【問25】福祉住環境コーディネーター2級 練習問題|本人と家族の意向調整
相談援助と連携 問5/20難易度B(標準)
問題文
本人と家族の意向が食い違う場合の対応に関する次の記述のうち、最も不適切なものはどれか。
- 1.本人と家族の意向が食い違う場合は、双方の意向とその背景を丁寧に確認し、調整を図ることが基本となる。
- 2.実際に介護を担うのは家族であるから、本人と家族の意見が対立した場合は、常に家族の意向を優先して計画を確定する。
- 3.意向の食い違いの背景には、生活動作のイメージや介護負担についての認識の差があることが少なくない。

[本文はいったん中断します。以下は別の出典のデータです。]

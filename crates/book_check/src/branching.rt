//! Values that look at one path at most, and steps whose premises and conclusion are such values: they take no tree.
ghost use Rattle.std.specs.Prelude.{◌≡◌, ◌↔◌, ℕ, List, true, map, IfSome, if◌then◌else◌};
ghost use Rattle.paths.specs.Paths.{PathData};
ghost use Rattle.algebra.specs.Basics.{seq_of, star_of};
ghost use Rattle.algebra.specs.HeldPaths.{Held};
ghost use Rattle.algebra.specs.Values.{sync_of};
ghost use Rattle.conditions.specs.Conditions.{cond_of, value_of};
ghost use Rattle.core_program.specs.Views.{expr_of, program_of, stmt_of};
ghost use Rattle.rules.specs.Effect.{Assignment};
ghost use Rattle.rules.specs.Rules.{AtMost};
ghost use Rattle.book_check.specs.Conclusions.{conclusions, table_value};
ghost use Rattle.effects.specs.Accesses.{branching_value};
ghost use Rattle.book_check.specs.Merges.{combined_of, IsFirstValue};
ghost use Rattle.effects.specs.Rules.{choice_value, expr_rule, in_sequence, lock_value, loop_value, rule_of, stmt_rule};
ghost use Rattle.effects.specs.Bodies.{part_of};

use crate::lookups::tree_at;
use crate::pairs::{both, branches, leaf_of};
use algebra::Basic;
use books::Nodes;
use conditions::Tree;
use core_program::{CoreExpr, CoreProgram, CoreStmt};
use effects::{BodyPart, Branching, access_value};
use paths::Path;

/// How two values make one.
#[derive(Clone, Copy)]
pub(crate) enum Way {
    Seq,
    Join,
}

/// Two basics made one.
fn combined(way: Way, first: Basic, second: Basic) -> Basic
    ensures { result ≡ combined_of way first second }
{
    match way {
        Way::Seq => first.seq(second),
        Way::Join => first.join(second),
    }
}

/// Two values made one, where they look at one path at most.
fn merged(way: Way, first: Branching, second: Branching) -> Option<Branching>
    ensures { IfSome result (λ x. (H : Held) → branching_value x H ≡ combined_of way (branching_value first H) (branching_value second H)) }
{
    match (first, second) {
        (Branching::Always(a), Branching::Always(b)) => {
            Some(Branching::Always(combined(way, a, b)))
        }
        (Branching::Always(a), Branching::Where(path, x, y)) => {
            let held = combined(way, a, x);
            let free = combined(way, a, y);
            Some(Branching::Where(path, held, free))
        }
        (Branching::Where(path, x, y), Branching::Always(b)) => {
            let held = combined(way, x, b);
            let free = combined(way, y, b);
            Some(Branching::Where(path, held, free))
        }
        (Branching::Where(path, x, y), Branching::Where(other, u, v)) => {
            if !path.same(&other) {
                return None;
            }
            let held = combined(way, x, u);
            let free = combined(way, y, v);
            Some(Branching::Where(path, held, free))
        }
    }
}

/// A value any number of times.
#[tactic(auto, using(crate::proofs::BranchLemmas::star_where))]
fn starred(value: Branching) -> Branching
    ensures { (H : Held) → branching_value result H ≡ star_of (branching_value value H) }
{
    match value {
        Branching::Always(basic) => Branching::Always(basic.star()),
        Branching::Where(path, held, free) => {
            let held = held.star();
            let free = free.star();
            Branching::Where(path, held, free)
        }
    }
}

/// A value under the lock with this path, where it looks at no other.
#[tactic(auto, using(crate::proofs::BranchLemmas::lock_where))]
fn under(path: &Path, value: &Branching) -> Option<Branching>
    ensures { IfSome result (λ x. (H : Held) → branching_value x H ≡ sync_of path.now (branching_value value.now) H) }
{
    match value {
        Branching::Always(basic) => Some(Branching::Where(path.copy(), *basic, basic.lift())),
        Branching::Where(other, held, _) => {
            if !other.same(path) {
                return None;
            }
            Some(Branching::Where(path.copy(), *held, held.lift()))
        }
    }
}

/// The value of a tree that looks at one path at most.
fn value_in(t: &Tree) -> Option<Branching>
    ensures { IfSome result (λ x. (H : Held) → value_of (cond_of t.now) H ≡ branching_value x H) }
{
    match t {
        Tree::Leaf(basic) => Some(Branching::Always(*basic)),
        Tree::Test(path, a, b) => {
            let held = leaf_of(a)?;
            let free = leaf_of(b)?;
            Some(Branching::Where(path.copy(), held, free))
        }
    }
}

/// The value with this number in a table, where it looks at one path at most.
fn value_at(table: &[Tree], number: u32) -> Option<Branching>
    ensures { IfSome result (λ x. (H : Held) → table_value (map cond_of table.now) number H ≡ branching_value x H) }
{
    let tree = tree_at(table, number)?;
    value_in(tree)
}

/// The values that nodes conclude, one after another.
fn sequence<F: Nodes>(table: &[Tree], nodes: F) -> Option<Branching>
    requires { F.AreKept nodes }
    ensures { IfSome result (λ x. (H : Held) → in_sequence (conclusions (table_value (map cond_of table.now)) (F.nodes nodes)) H ≡ branching_value x H) }
{
    let mut all = Branching::Always(Basic::Const);
    let mut rest = nodes;
    'nodes: while let Some(first) = rest.first() {
        let next = value_at(table, first.number)?;
        all = merged(Way::Seq, all, next)?;
        rest = first.rest;
    }
    Some(all)
}

/// The value that the first of some nodes concludes, and the other nodes.
fn first_value<F: Nodes>(table: &[Tree], nodes: F) -> Option<(Branching, F)>
    requires { F.AreKept nodes }
    ensures value { IfSome result (λ x. IsFirstValue (table_value (map cond_of table.now)) (F.nodes nodes) x.0 (F.nodes x.1)) }
    ensures kept { IfSome result (λ x. F.AreKept x.1) }
{
    let first = nodes.first()?;
    let value = value_at(table, first.number)?;
    Some((value, first.rest))
}

/// A condition and then either branch.
#[tactic(auto, using(crate::proofs::BranchLemmas::choice_is))]
fn choice<F: Nodes>(table: &[Tree], nodes: F) -> Option<Branching>
    requires { F.AreKept nodes }
    ensures { IfSome result (λ x. (H : Held) → choice_value (conclusions (table_value (map cond_of table.now)) (F.nodes nodes)) H ≡ branching_value x H) }
{
    let (condition, branches) = first_value(table, nodes)?;
    let (first, others) = first_value(table, branches)?;
    let (second, _) = first_value(table, others)?;
    let either = merged(Way::Join, first, second)?;
    merged(Way::Seq, condition, either)
}

/// A condition, and then the body and the condition any number of times.
fn repetition<F: Nodes>(table: &[Tree], nodes: F) -> Option<Branching>
    requires { F.AreKept nodes }
    ensures { IfSome result (λ x. (H : Held) → loop_value (conclusions (table_value (map cond_of table.now)) (F.nodes nodes)) H ≡ branching_value x H) }
{
    let (condition, bodies) = first_value(table, nodes)?;
    let (again, _) = first_value(table, nodes)?;
    let (body, _) = first_value(table, bodies)?;
    let turn = merged(Way::Seq, body, again)?;
    merged(Way::Seq, condition, starred(turn))
}

/// A synchronized part.
#[tactic(auto, using(crate::proofs::BranchLemmas::lock_is))]
fn locked<F: Nodes>(table: &[Tree], path: &Path, nodes: F) -> Option<Branching>
    requires { F.AreKept nodes }
    ensures { IfSome result (λ x. (H : Held) → lock_value path.now (conclusions (table_value (map cond_of table.now)) (F.nodes nodes)) H ≡ branching_value x H) }
{
    let (body, _) = first_value(table, nodes)?;
    under(path, &body)
}

/// The values that nodes conclude, one after another, and then a last value.
#[tactic(auto, using(crate::proofs::BranchLemmas::sequence_then))]
fn sequence_then<F: Nodes>(table: &[Tree], nodes: F, last: Branching) -> Option<Branching>
    requires { F.AreKept nodes }
    ensures { IfSome result (λ x. (H : Held) → seq_of (in_sequence (conclusions (table_value (map cond_of table.now)) (F.nodes nodes)) H) (branching_value last H) ≡ branching_value x H) }
{
    let first = sequence(table, nodes)?;
    merged(Way::Seq, first, last)
}

/// The value of an expression's rule, where it can be told so. None for calls.
fn expr_value<F: Nodes>(
    program: &CoreProgram,
    table: &[Tree],
    e: &CoreExpr,
    premises: F,
) -> Option<Branching>
    requires { F.AreKept premises }
    ensures { (rel : ℕ → List PathData) (A : Assignment) → IfSome result (λ x. (H : Held) →
        expr_rule (program_of program.now) rel A (expr_of e.now) (conclusions (table_value (map cond_of table.now)) (F.nodes premises)) H ≡ branching_value x H) }
{
    match e {
        CoreExpr::Int(_) | CoreExpr::Truth(_) | CoreExpr::Null | CoreExpr::This => {
            Some(Branching::Always(Basic::Const))
        }
        CoreExpr::Var { is_final: true, .. } => Some(Branching::Always(Basic::Const)),
        CoreExpr::Var { .. } => Some(Branching::Always(Basic::Mover)),
        CoreExpr::Not(_)
        | CoreExpr::Neg(_)
        | CoreExpr::Binary(_, _, _)
        | CoreExpr::And(_, _)
        | CoreExpr::Or(_, _) => sequence(table, premises),
        CoreExpr::Get(receiver, field) => {
            let last = access_value(program, receiver, *field, false);
            sequence_then(table, premises, last)
        }
        CoreExpr::New(_, _) => sequence_then(table, premises, Branching::Always(Basic::Mover)),
        CoreExpr::Call(_, _, _) => None,
    }
}

/// The value of a statement's rule, where it can be told so. None for blocks.
fn stmt_value<F: Nodes>(
    program: &CoreProgram,
    table: &[Tree],
    s: &CoreStmt,
    premises: F,
) -> Option<Branching>
    requires { F.AreKept premises }
    ensures { (rel : ℕ → List PathData) (A : Assignment) → IfSome result (λ x. (H : Held) →
        stmt_rule (program_of program.now) rel A (stmt_of s.now) (conclusions (table_value (map cond_of table.now)) (F.nodes premises)) H ≡ branching_value x H) }
{
    match s {
        CoreStmt::Empty => Some(Branching::Always(Basic::Const)),
        CoreStmt::Local { .. } | CoreStmt::SetVar(_, _) => {
            sequence_then(table, premises, Branching::Always(Basic::Mover))
        }
        CoreStmt::SetField(receiver, field, _) => {
            let last = access_value(program, receiver, *field, true);
            sequence_then(table, premises, last)
        }
        CoreStmt::Do(_, _) | CoreStmt::Return(_) => sequence(table, premises),
        CoreStmt::If(_, _, _) => choice(table, premises),
        CoreStmt::While(_, _) => repetition(table, premises),
        CoreStmt::Sync(path, _) => locked(table, path, premises),
        CoreStmt::Print(_) | CoreStmt::Start(_) => {
            sequence_then(table, premises, Branching::Always(Basic::Atomic))
        }
        CoreStmt::Block(_) => None,
    }
}

/// The value of a part's rule, where it can be told so.
fn part_value<F: Nodes>(
    program: &CoreProgram,
    table: &[Tree],
    part: BodyPart<'_>,
    premises: F,
) -> Option<Branching>
    requires { F.AreKept premises }
    ensures { (rel : ℕ → List PathData) (A : Assignment) → IfSome result (λ x. (H : Held) →
        rule_of (program_of program.now) rel A (part_of part.entry) (conclusions (table_value (map cond_of table.now)) (F.nodes premises)) H ≡ branching_value x H) }
{
    match part {
        BodyPart::Expr(e) => expr_value(program, table, e, premises),
        BodyPart::Stmt(s) => stmt_value(program, table, s, premises),
    }
}

/// Whether a basic where a path is held and another where it isn't are at most a tree that tests nothing else.
fn where_below(path: &Path, held: Basic, free: Basic, d: &Tree) -> Option<bool>
    ensures { IfSome result (λ b. (b ≡ true) ↔ ((H : Held) → AtMost (if H path.now then held else free) (value_of (cond_of d.now) H))) }
{
    let (high, low) = branches(path, d);
    let high = leaf_of(high)?;
    let low = leaf_of(low)?;
    Some(both(held.below(high), free.below(low)))
}

/// Whether a basic is at most a leaf.
fn always_below(basic: Basic, d: &Tree) -> Option<bool>
    ensures { IfSome result (λ b. (b ≡ true) ↔ ((H : Held) → AtMost basic (value_of (cond_of d.now) H))) }
{
    let most = leaf_of(d)?;
    Some(basic.below(most))
}

/// Whether a value is at most a tree that tests at most the path that the value looks at.
fn value_below(value: &Branching, d: &Tree) -> Option<bool>
    ensures { IfSome result (λ b. (b ≡ true) ↔ ((H : Held) → AtMost (branching_value value.now H) (value_of (cond_of d.now) H))) }
{
    match value {
        Branching::Always(basic) => always_below(*basic, d),
        Branching::Where(path, held, free) => where_below(path, *held, *free, d),
    }
}

/// Whether a tree is at or above the value of a part's rule, where it can be told with no tree for that value.
pub(crate) fn plain_step<F: Nodes>(
    program: &CoreProgram,
    table: &[Tree],
    part: BodyPart<'_>,
    premises: F,
    d: &Tree,
) -> Option<bool>
    requires { F.AreKept premises }
    ensures { (rel : ℕ → List PathData) (A : Assignment) → IfSome result (λ b. (b ≡ true) ↔ ((H : Held) →
        AtMost (rule_of (program_of program.now) rel A (part_of part.entry) (conclusions (table_value (map cond_of table.now)) (F.nodes premises)) H) (value_of (cond_of d.now) H))) }
{
    let value = part_value(program, table, part, premises)?;
    value_below(&value, d)
}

- 4.実際の動作を双方の前で確認するなど、本人と家族が納得できる客観的な材料を示すことも調整に役立つ。
解説
住環境整備の主体はそこで生活する本人であり、本人と家族の意見が対立した場合に常に家族の意向を優先すると決めてかかることは、利用者本位の相談援助の原則に反するため、選択肢2が最も不適切である。介護者である家族の負担や意向も重要な考慮要素ではあるが、一方を機械的に優先するのではなく、双方の意向を確認し折り合える点を探る調整が求められる。選択肢1は適切で、食い違いが生じたときは双方の意向とその背景にある事情を確認することが対応の基本である。選択肢3も適切で、本人の「自分でできる」という認識と家族の「危なくて見ていられない」という認識のずれなど、動作イメージや負担感の差が対立の背景にあることが多い。選択肢4も適切で、実際の動作確認など客観的な材料の提示は双方の合意形成を助ける有効な方法である。